The need to take such a systematic approach to security is one of the reasons why Security Information and Event Management (SIEM) systems sales, a market segment that has floundered for a decade, is finally set to take off, some analysts say. Market research firm Frost & Sullivan expects SIEM to grow from $678.1 million in 2009 to $1.3 billion in 2015. "The goal is to be able to better correlate events across the various defensive stovepipes so that you can find the needle in the haystack," says Pete Lindstrom, research director at market research firm Spire Security.

Preparing For Failure

Despite its best efforts, if an organization is targeted by a skilled and determined hacker, there's little guarantee every attack will be stopped.

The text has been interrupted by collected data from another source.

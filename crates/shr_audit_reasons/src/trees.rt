// SPDX-License-Identifier: GPL-2.0-only
//! The entries of the journal of the tree, and the answers that made them.

ghost use Rattle.std.specs.Prelude.{◌≡◌, ℕ, Some, true, slice_get, IfOk};
ghost use Rattle.std.specs.Bool.{Decides};
ghost use Rattle.shr_base.specs.declared.journals.TreeEntry.{TreeEntry};
ghost use Rattle.shr_audit_reasons.specs.Trees.{AreBeginsCaused, AreDonesCaused, AreMadesCaused, IsBeginCited, IsDoneNotedOnce, IsMadeNotedOnce, is_cited, is_once};

use crate::cites::{Cited, What, cited_at, note_answers};
use shr_audit_formed::tables::tree_fits;
use shr_base::journals::TreeEntry;
use shr_base::memory::Memory;
use shr_base::scripts::Script;
use shr_laws::report::Report;
use std::alloc::Global;

fn is_once(cited: Cited) -> bool
    ensures { result ≡ is_once cited }
{
    match cited {
        Cited::Once { .. } => true,
        _ => false,
    }
}

/// Whether an answer says so.
pub(crate) fn is_cited(cited: Cited) -> bool
    ensures { result ≡ is_cited cited }
{
    match cited {
        Cited::Never => false,
        _ => true,
    }
}

// Whether an entry, if it is a Done, is cited once.
fn is_done_once(table: &[Cited], n: usize, entry: &TreeEntry) -> bool
    ensures { Decides result (IsDoneNotedOnce table.now n entry.now) }
{
    match entry {
        TreeEntry::Done { .. } => is_once(cited_at(table, n)),
        _ => true,
    }
}

// The same of a Made.
fn is_made_once(table: &[Cited], n: usize, entry: &TreeEntry) -> bool
    ensures { Decides result (IsMadeNotedOnce table.now n entry.now) }
{
    match entry {
        TreeEntry::Made { .. } => is_once(cited_at(table, n)),
        _ => true,
    }
}

// Whether the group of an entry, if it is a Begin, is cited.
fn is_begin_cited(table: &[Cited], entry: &TreeEntry) -> bool
    ensures { Decides result (IsBeginCited table.now entry.now) }
{
    match entry {
        TreeEntry::Begin { group } => is_cited(cited_at(table, *group as usize)),
        _ => true,
    }
}

// Whether each Done is.
fn are_dones_once(table: &[Cited], tree: &[TreeEntry]) -> bool
    ensures { Decides result ((n : ℕ) (e : TreeEntry) → slice_get tree.now n ≡ Some e
        → IsDoneNotedOnce table.now n e) }
{
    for n in 0..tree.len() {
        if !is_done_once(table, n, &tree[n]) {
            return false;
        }
    }
    true
}

// Whether each Made is.
fn are_mades_once(table: &[Cited], tree: &[TreeEntry]) -> bool
    ensures { Decides result ((n : ℕ) (e : TreeEntry) → slice_get tree.now n ≡ Some e
        → IsMadeNotedOnce table.now n e) }
{
    for n in 0..tree.len() {
        if !is_made_once(table, n, &tree[n]) {
            return false;
        }
    }
    true
}

// Whether the group of each Begin is.
fn are_begins_cited(table: &[Cited], tree: &[TreeEntry]) -> bool
    ensures { Decides result ((n : ℕ) (e : TreeEntry) → slice_get tree.now n ≡ Some e
        → IsBeginCited table.now e) }
{
    for n in 0..tree.len() {
        if !is_begin_cited(table, &tree[n]) {
            return false;
        }
    }
    true
}

/// Whether each Done is cited by one answer as its own.
pub fn are_dones_caused(alloc: Global, script: &Script, report: &Report) -> Result<bool, Memory>
    ensures { IfOk result (λ b. Decides b (AreDonesCaused report.now)) }
{
    let table = note_answers(alloc, script, report, What::Done, report.tree.len())?;
    let all = are_dones_once(table.as_slice(), report.tree.as_slice());
    Ok(all)
}

/// Whether each Made is.
pub fn are_mades_caused(alloc: Global, script: &Script, report: &Report) -> Result<bool, Memory>
    ensures { IfOk result (λ b. Decides b (AreMadesCaused report.now)) }
{
    let table = note_answers(alloc, script, report, What::Made, report.tree.len())?;
    let all = are_mades_once(table.as_slice(), report.tree.as_slice());
    Ok(all)
}

/// Whether each Begin is of an `offline` that may have begun.
pub fn are_begins_caused(alloc: Global, script: &Script, report: &Report) -> Result<bool, Memory>
    ensures { IfOk result (λ b. Decides b (AreBeginsCaused script.now report.now)) }
{
    tree_fits(report.tree.as_slice());
    let table = note_answers(alloc, script, report, What::Begun, 65536)?;
    let all = are_begins_cited(table.as_slice(), report.tree.as_slice());
    Ok(all)
}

This is another area where solution providers can lend their expertise: establishing an incident response plan. "The reality is that most companies don't have adequate incident response plans in place," says David Mortman, contributing analyst at the security analyst firm Securosis. "When a breach does occur, the way many companies respond makes the incident quickly go from bad to worse," Mortman says.

That leaves the last layer of defense a strong incident response plan: the ability to quickly determine the nature of the breach, mitigate its impact, and notify any necessary stakeholders, if needed, such as partners and customers. "Breach responses go right when the business is prepared; they have the right people and processes in place. People aren't running around wondering what are they are going to do next," says Brian Honan, founder and owner of Dublin, Ireland-based BH Consulting and head of Ireland's first CERT (Computer Emergency Response) team. That includes helping to align IT and security teams with business managers so that all parties can act cohesively.

Finally, advises Mortman, don’t just put a plan on paper to be forgotten until needed. Instead, test the plan by contriving a hypothetical incident and make sure participants react the way they should. The test needs to be realistic. "Make it so that one or more of the stakeholders are sick, or the CISO is unable to be reached, and determine how the team responds," Mortman advises.

While none of this advice is new, it spotlights the challenge that solution providers face when helping enterprises better defend themselves against the APT and other attacks: it's about doing security smarter. "The thing about the APT is that companies shouldn’t be doing anything new, except for one thing," says Lindstrom. ’They have to try to be better at what they should have been doing to begin with.’